Amplification/overexpression of ERBB2 (also known as human epidermal growth-factor receptor 2/neu) gene has been observed in 24-32% of esophagogastric junction AC. The positive rate in EAC has been reported to be higher than that observed in gastric cancer. Trastuzumab, an antibody to ERBB2, added to chemotherapy, improved survival in patients with HER-2 positive advanced gastric or gastroesophageal junction AC compared with chemotherapy alone.
Comparison of cancer-associated genetic abnormalities in the columnar-lined esophagus, with and without goblet cells, has revealed frequent copy number abnormalities in intestinal metaplasia, whereas no such changes were observed in nongoblet cell metaplasia.
Epigenetic alterations
The promoter hypermethylation of several tumor suppressor genes, such as APC, CDKN2A, CDH1, FHIT, RARB, Ras-association domain family 1 (RASSF1), MGMT, MLH1, and MSH2, causes decreased expression of these genes and has been known to affect carcinogenesis of ESCC [Table 4]. E-cadherin, encoded by CDH1, is a calcium-dependent adhesion molecule that plays a crucial role in the maintenance of intercellular junctions in normal epithelial cells.
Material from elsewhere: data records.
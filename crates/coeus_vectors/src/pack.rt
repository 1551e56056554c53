//! Bins and records.

ghost use Rattle.std.specs.Prelude.{◌≤◌, IsTrue};
ghost use Rattle.std.specs.List.{All};

use crate::cases::{BadCase, Case};
use crate::lines::{put, put_bytes, put_numbers, put_text};
use co_pack::{
    MOST_BIN_BYTES, MOST_DEGREE, Place, RECORD_BYTES, RecordFault, bin_size, pack_bins,
    read_record, write_record,
};
use co_text::{MOST_DOCUMENTS, Title};
use std::alloc::Global;

/// The line of a case, behind the name of its call.
pub fn line(case: Case) -> Result<String, BadCase> {
    let mut line = String::new(case.alloc);
    match case.call() {
        "size" => put_size(&mut line, case)?,
        "pack" => put_packing(&mut line, case)?,
        "many" => put_many(&mut line, case)?,
        "write" => put_record(&mut line, case)?,
        "read" => put_read(&mut line, case)?,
        _ => return Err(BadCase::Unfit),
    }
    Ok(line)
}

fn put_size(line: &mut String, case: Case) -> Result<(), BadCase> {
    let longest = case.number("longest");
    let (degree, chunks) = (case.number("degree"), case.number("chunks"));
    if longest > MOST_BIN_BYTES || degree == 0 || degree > MOST_DEGREE || chunks == 0 {
        return Err(BadCase::Unfit);
    }
    if chunks as u64 * (2 * degree as u64) > MOST_BIN_BYTES as u64 {
        return Err(BadCase::Unfit);
    }
    put(line, bin_size(longest, degree, chunks) as u128)?;
    Ok(())
}

fn are_within(lengths: &[u32], size: u32) -> bool
    ensures { IsTrue result → All (λ l. l ≤ size) lengths.now }
{
    lengths.iter().all(|length| *length <= size)
}

/// How many bins there are, and where each document stands.
fn put_packing(line: &mut String, case: Case) -> Result<(), BadCase> {
    let lengths = case.numbers("lengths")?;
    put_places(case.alloc, line, &lengths, case.number("size"), true)
}

/// How many bins so many documents of one length need.
fn put_many(line: &mut String, case: Case) -> Result<(), BadCase> {
    let lengths = vec![in case.alloc; case.number("length"); case.number("documents") as usize]?;
    put_places(case.alloc, line, &lengths, case.number("size"), false)
}

fn put_places(
    alloc: Global,
    line: &mut String,
    lengths: &[u32],
    size: u32,
    all: bool,
) -> Result<(), BadCase> {
    if lengths.is_empty() || lengths.len() > MOST_DOCUMENTS || !are_within(lengths, size) {
        return Err(BadCase::Unfit);
    }
    let (places, bins) = pack_bins(alloc, lengths, size)?;
    put(line, bins as u128)?;
    if all {
        for place in places.as_slice() {
            put_numbers(line, &[place.bin, place.offset])?;
        }
    }
    Ok(())
}

/// The bytes of a record, and what they are read as.
fn put_record(line: &mut String, case: Case) -> Result<(), BadCase> {
    let place = Place {
        bin: case.number("bin"),
        offset: case.number("offset"),
        length: case.number("length"),
    };
    let Some(title) = Title::from_text(String::from_str(case.alloc, case.text("title"))?) else {
        return Err(BadCase::Unfit);
    };
    let mut written = [1; RECORD_BYTES];
    write_record(case.number("document"), place, &title, &mut written);
    put_bytes(case.alloc, line, &written)?;
    put_reading(case.alloc, line, &written)
}

fn put_read(line: &mut String, case: Case) -> Result<(), BadCase> {
    put_reading(case.alloc, line, &case.bytes("bytes")?)
}

/// What the bytes of a record say, or the place of the first fault.
fn put_reading(alloc: Global, line: &mut String, bytes: &[u8]) -> Result<(), BadCase> {
    if bytes.len() != RECORD_BYTES {
        return Err(BadCase::Unfit);
    }
    match read_record(alloc, bytes) {
        Ok(record) => {
            let place = record.place;
            put_numbers(
                line,
                &[record.document, place.bin, place.offset, place.length],
            )?;
            put_text(line, record.title.as_str())?;
        }
        Err(RecordFault::BadRecord { place }) => {
            put_text(line, "bad at")?;
            put(line, place as u128)?;
        }
        Err(RecordFault::OutOfMemory) => return Err(BadCase::OutOfMemory),
    }
    Ok(())
}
The RARB gene encodes retinoic acid receptor beta, a central regulator to normal growth and differentiation of a variety of epithelial cells. The RASSF1 encodes a protein similar to RAS effector proteins. RASSF1A protein modulates a broad range of cellular functions essential for normal growth control.The MGMT gene encodes O 6 -methyl-guanine-DNA methyltransferase, a DNA repair enzyme, which removes methyl- or alkyl-groups from guanidine after chemical modulation, therefore protecting cells from G to A mutations. MLH1 and MSH2 are two key DNA mismatch repair genes and epigenetic silencing of these genes may lead to microsatellite instability.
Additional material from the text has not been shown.